Ну да, ему было смешно. Дядя Гриша когда-то рассказывал:
«Милкой-Любкой ее звали. Бежит, бывало, в беленьком платочке – ну чисто
ясочка-голубка, глазки потуплены, воды не замутит, девица-красавица,
душенька-подруженька. А завсегдатаи «Магнолии» про нее такое рассказывали…
Потом сошлась с Мурзиком. Потом за Шурку Русанова замуж вышла. За-га-доч-ная
девка!» И вот Полякову вообразилась сцена: к «загадочной» Милке-Любке, которая
когда-то визжала во дворе старого энского острога: «Сыскные! Собаки! Бей их!» –
и натравливала толпу на Смольникова и Охтина, – к Милке-Любке приходит сын
«сыскной собаки» Смольникова и сообщает, где находится и как себя чувствует ее
золовка, заключенная Александра Аксакова…
«Мы для жизни – карты. Картишки! – говорил дядя Гриша. – Она
нас тасует. Она нами играет! Она нас сдает, берет, прикупает, разбрасывает – и
снова собирает в одну колоду».
Ка́к собрала их всех картежница-жизнь, ка́к
стасовала, ка́к сдала! Ну разве это в самом деле не смешно?!

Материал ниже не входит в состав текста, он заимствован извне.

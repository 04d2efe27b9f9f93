//! Terms and formulas as they are written. Parentheses that only group leave no trace, and chains group to the left.

use crate::raw::name::RawName;
use crate::raw::sign::{RawAtom, RawOperator, RawRelation};
use crate::token::Place;
use sqlite_items::Items;
use std::marker::Model;

/// Terms in order, which contracts see as a list.
pub type RawTerms = Items<RawTerm>;

/// A term, which contracts see as a plain tree.
#[cycle(raw_term)]
#[derive(Drop)]
pub struct RawTerm {
    pub node: RawTermNode,
}

/// A term by its outermost part. The place of a binary term is that of its sign, of any other that of its first token.
#[cycle(raw_term)]
#[derive(Drop)]
pub enum RawTermNode {
    Number {
        value: i64,
        place: Place,
    },
    Name(RawName),
    Atom {
        atom: RawAtom,
        place: Place,
    },
    Binary {
        operator: RawOperator,
        place: Place,
        left: Box<RawTerm>,
        right: Box<RawTerm>,
    },
    /// `-` before a term.
    Minus {
        place: Place,
        term: Box<RawTerm>,
    },
    /// `card(..)`
    Card {
        place: Place,
        term: Box<RawTerm>,
    },
    /// `bool(..)`
    TruthOf {
        place: Place,
        formula: Box<RawFormula>,
    },
    /// `{..}`
    Listed {
        place: Place,
        terms: RawTerms,
    },
}

/// A formula, which contracts see as a plain tree.
#[cycle(raw_term)]
#[derive(Drop)]
pub struct RawFormula {
    pub node: RawFormulaNode,
}

/// A formula by its outermost part.
#[cycle(raw_term)]
#[derive(Drop)]
pub enum RawFormulaNode {
    /// `btrue`
    True,
    /// `bfalse`
    False,
    Not(Box<RawFormula>),
    And(Box<RawFormula>, Box<RawFormula>),
    Or(Box<RawFormula>, Box<RawFormula>),
    Implies(Box<RawFormula>, Box<RawFormula>),
    /// `<=>`
    Equivalent(Box<RawFormula>, Box<RawFormula>),
    Relation {
        relation: RawRelation,
        /// The place of the sign.
        place: Place,
        left: RawTerm,
        right: RawTerm,
    },
    /// `!name.(domain => body)`
    Every {
        name: RawName,
        domain: Box<RawFormula>,
        body: Box<RawFormula>,
    },
    /// `#name.(body)`
    Exists {
        name: RawName,
        body: Box<RawFormula>,
    },
}

impl Model for RawTerm {
    ghost use Rattle.cb_lex.specs.RawTermTree.{RawTermTree};
    ghost use Rattle.cb_lex.specs.RawTermCodes.{coded_term};

    ghost Value = { RawTermTree };

    ghost coded = { coded_term };

    ghost use Rattle.cb_lex.specs.RawTermTree.{term_nodes};
    ghost use Rattle.cb_lex.specs.RawTermView.{term_of};

    ghost view = { λ t. term_of t.node };

    ghost size = { term_nodes };

    ghost use Rattle.cb_lex.specs.RawTermFalls.{term_falls};

    ghost size_decreases = { λ a h. term_falls a.node };
}

impl Model for RawFormula {
    ghost use Rattle.cb_lex.specs.RawTermTree.{RawFormulaTree};
    ghost use Rattle.cb_lex.specs.RawTermCodes.{coded_formula};

    ghost Value = { RawFormulaTree };

    ghost coded = { coded_formula };

    ghost use Rattle.cb_lex.specs.RawTermTree.{formula_nodes};
    ghost use Rattle.cb_lex.specs.RawTermView.{formula_of};

    ghost view = { λ f. formula_of f.node };

    ghost size = { formula_nodes };

    ghost use Rattle.cb_lex.specs.RawTermFalls.{formula_falls};

    ghost size_decreases = { λ a h. formula_falls a.node };
}
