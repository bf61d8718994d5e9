//! The verdicts of kernels on the programs of an object, as findings, and the values that change.

mod causes;
pub mod findings;
mod judged_program;
mod judging;
pub mod loaded;
mod own_values;
mod slots;
mod whole_object;

pub use judging::{Fate, judge_kernel};
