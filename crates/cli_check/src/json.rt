//! What `ebpf check --json` prints.

use crate::session::{Judgement, KernelAnswer, Session};
use crate::verdict::Fate;
use crate::verdict::findings::{Finding, FindingKey, Severity, SourceLocation};
use cli_common::json::{JsonWriter, write_document};
use cli_common::kinds::Kind;
use std::io::{self, Write};

/// Writes the names of the programs that have a fate on a kernel.
fn write_fate<W: Write>(
    json: &mut JsonWriter<'_, W>,
    session: &Session,
    kernel: &KernelAnswer,
    key: &str,
    fate: Fate,
) -> io::Result<()> {
    json.array(key, |json| {
        for (number, program) in session.loaded.needs.programs.iter().enumerate() {
            if kernel.has_fate(number, fate) {
                json.value(program.name.as_str())?;
            }
        }
        Ok(())
    })
}

/// Writes a kernel: the names of the programs that break on it, and of those without a target, or why its types can't be
/// read.
fn write_kernel<W: Write>(
    json: &mut JsonWriter<'_, W>,
    session: &Session,
    kernel: &KernelAnswer,
) -> io::Result<()> {
    json.member("name", kernel.name.as_str())?;
    match &kernel.answer {
        Judgement::Judged(_) => {
            write_fate(json, session, kernel, "breaks", Fate::Breaks)?;
            if kernel.untargeted() == 0 {
                return Ok(());
            }
            write_fate(json, session, kernel, "no_target", Fate::NoTarget)
        }
        Judgement::Unread(refusal) => json.member("error", refusal.text.as_str()),
    }
}

/// Writes the names of the kernels of these numbers.
fn write_names<W: Write>(
    json: &mut JsonWriter<'_, W>,
    session: &Session,
    kernels: &[usize],
) -> io::Result<()> {
    json.array("kernels", |json| {
        for number in kernels {
            if let Some(kernel) = session.kernels.get(*number) {
                json.value(kernel.name.as_str())?;
            }
        }
        Ok(())
    })
}

/// Writes a place.
fn write_place<W: Write>(
    json: &mut JsonWriter<'_, W>,
    session: &Session,
    place: &SourceLocation,
) -> io::Result<()> {
    let program = match session.loaded.needs.programs.get(place.program) {
        Some(program) => program.name.as_str(),
        None => "",
    };
    json.member("program", program)?;
    if let Some(slot) = place.slot {
        json.member("slot", slot)?;
    }
    if let Some((function, slot)) = &place.within {
        json.member("function", function.as_str())?;
        json.member("function_slot", *slot)?;
    }
    if let Some(line) = &place.line {
        json.member("file", line.file.as_str())?;
        json.member("line", line.number)?;
    }
    write_names(json, session, &place.kernels)
}

/// Writes the subject of a finding, and what is asked of it.
fn write_topic<W: Write>(
    json: &mut JsonWriter<'_, W>,
    topic: &FindingKey,
    kind: Kind,
) -> io::Result<()> {
    json.member("name", topic.name.as_str())?;
    json.member("kind", kind.word())
}

/// Writes what is absent or refused, with all that is asked of it, the first also by itself.
fn write_found<W: Write>(
    json: &mut JsonWriter<'_, W>,
    session: &Session,
    topic: &FindingKey,
    found: &Finding,
) -> io::Result<()> {
    let kind = found.kinds.first().copied().unwrap_or(topic.kind);
    write_topic(json, topic, kind)?;
    json.values("kinds", found.kinds.iter().map(|kind| kind.word()))?;
    json.member("reason", topic.reason.as_str())?;
    write_names(json, session, &found.kernels)?;
    json.objects("places", found.places.values(), |json, place| {
        write_place(json, session, place)
    })
}

/// Writes a value, which may have a sign.
fn write_value<W: Write>(
    json: &mut JsonWriter<'_, W>,
    key: &str,
    is_signed: bool,
    value: u64,
) -> io::Result<()> {
    if is_signed {
        json.member(key, value.cast_signed())
    } else {
        json.member(key, value)
    }
}

/// Writes what has other values than in the object.
fn write_changed<W: Write>(
    json: &mut JsonWriter<'_, W>,
    session: &Session,
    topic: &FindingKey,
    found: &Finding,
) -> io::Result<()> {
    write_topic(json, topic, topic.kind)?;
    if let Some(own) = found.own {
        write_value(json, "own", topic.is_signed, own)?;
    }
    json.objects("values", found.values.iter(), |json, (value, kernels)| {
        write_value(json, "value", topic.is_signed, *value)?;
        write_names(json, session, kernels)
    })
}

/// Writes the findings of a severity.
fn write_severity<W: Write>(
    json: &mut JsonWriter<'_, W>,
    session: &Session,
    key: &str,
    severity: Severity,
) -> io::Result<()> {
    let findings = session
        .findings
        .by_key
        .iter()
        .filter(|(topic, _)| topic.severity == severity);
    json.objects(key, findings, |json, (topic, found)| match severity {
        Severity::Changed => write_changed(json, session, topic, found),
        _ => write_found(json, session, topic, found),
    })
}

/// Writes the findings over all kernels as one JSON object, on one line.
pub fn write_json<W: Write>(out: &mut W, session: &Session) -> io::Result<()> {
    let needs = &session.loaded.needs;
    write_document(out, |json| {
        json.member("file", session.file.as_str())?;
        json.member("status", u32::from(session.status()))?;
        json.objects("programs", needs.programs.iter(), |json, program| {
            json.member("name", program.name.as_str())?;
            json.member("section", program.section.as_str())
        })?;
        json.objects("kernels", session.kernels.iter(), |json, kernel| {
            write_kernel(json, session, kernel)
        })?;
        write_severity(json, session, "breaks", Severity::Breaks)?;
        if session.has(Severity::NoTarget) {
            write_severity(json, session, "no_target", Severity::NoTarget)?;
        }
        write_severity(json, session, "guarded", Severity::Guarded)?;
        write_severity(json, session, "changed", Severity::Changed)?;
        json.values("kconfig", needs.settings.iter().map(|name| name.as_str()))
    })
}
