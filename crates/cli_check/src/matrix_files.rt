//! The files and lines of `ebpf check` that show its verdicts as a matrix.

use crate::matrix::matrix_of;
use crate::run::CheckWords;
use crate::session::Session;
use cli_common::refuse::Stop;
use cli_output::files::{first_failure, write_file};
use cli_pages::annotations::write_annotations;
use cli_pages::matrix::Matrix;
use cli_pages::page::write_page;
use cli_pages::sarif::write_sarif;
use std::io::{BufWriter, Stdout};

/// Writes the page of a matrix, where a file for it is named.
fn write_page_file(rt: &HostRuntime, words: &CheckWords, matrix: &Matrix<'_>) -> Result<(), Stop> {
    match &words.html {
        Some(path) => write_file(rt, path.as_str(), |out| write_page(out, matrix)),
        None => Ok(()),
    }
}

/// Writes the log of a matrix, where a file for it is named.
fn write_log_file(rt: &HostRuntime, words: &CheckWords, matrix: &Matrix<'_>) -> Result<(), Stop> {
    match &words.sarif {
        Some(path) => write_file(rt, path.as_str(), |out| write_sarif(out, matrix)),
        None => Ok(()),
    }
}

/// Writes a matrix to the files that are named; each is tried. Returns the first failure.
fn write_forms(rt: &HostRuntime, words: &CheckWords, matrix: &Matrix<'_>) -> Result<(), Stop> {
    let page = write_page_file(rt, words, matrix);
    let log = write_log_file(rt, words, matrix);
    first_failure(page, log)
}

/// Writes the verdicts over all kernels to the files that are named; each is tried. Returns the first failure.
pub fn write_files(rt: &HostRuntime, words: &CheckWords, session: &Session) -> Result<(), Stop> {
    if !words.has_files() {
        return Ok(());
    }
    let matrix = matrix_of(rt.alloc(), words.version, session)?;
    write_forms(rt, words, &matrix)
}

/// Writes the verdicts over all kernels as annotations.
pub fn write_lines(
    rt: &HostRuntime,
    words: &CheckWords,
    session: &Session,
    out: &mut BufWriter<Stdout>,
) -> Result<(), Stop> {
    let matrix = matrix_of(rt.alloc(), words.version, session)?;
    write_annotations(out, &matrix)?;
    Ok(())
}
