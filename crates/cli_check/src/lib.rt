//! `ebpf check`: the kernels on which each program of an object breaks.
#![tactic(auto)]

mod json;
mod kernel_files;
mod matrix;
mod matrix_files;
mod printing;
mod run;
mod session;
mod verdict;

pub use run::{CheckWords, check};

– Смешно, – повторил Поляков, слабо улыбаясь. И в то же
мгновение голова его качнулась от пощечины.
– Вам смешно? – снова вскрикнула Ольга, отпрянула было,
словно набираясь храбрости, но тотчас опять подалась вперед и ударила по другой
щеке – другой рукой.
Поляков отшатнулся.
– Вам смешно? – выдохнула Ольга, и тут же глаза ее стали
огромными, а рот испуганно округлился: – Ой! Вам больно?!
Что-то мокрое, соленое скользнуло по его губам… Кровь?
Чертова девка до крови разбила ему нос!
По глазам Ольги было видно, что приступ ярости прошел, что
она в ужасе – в таком ужасе, что вот-вот упадет в обморок.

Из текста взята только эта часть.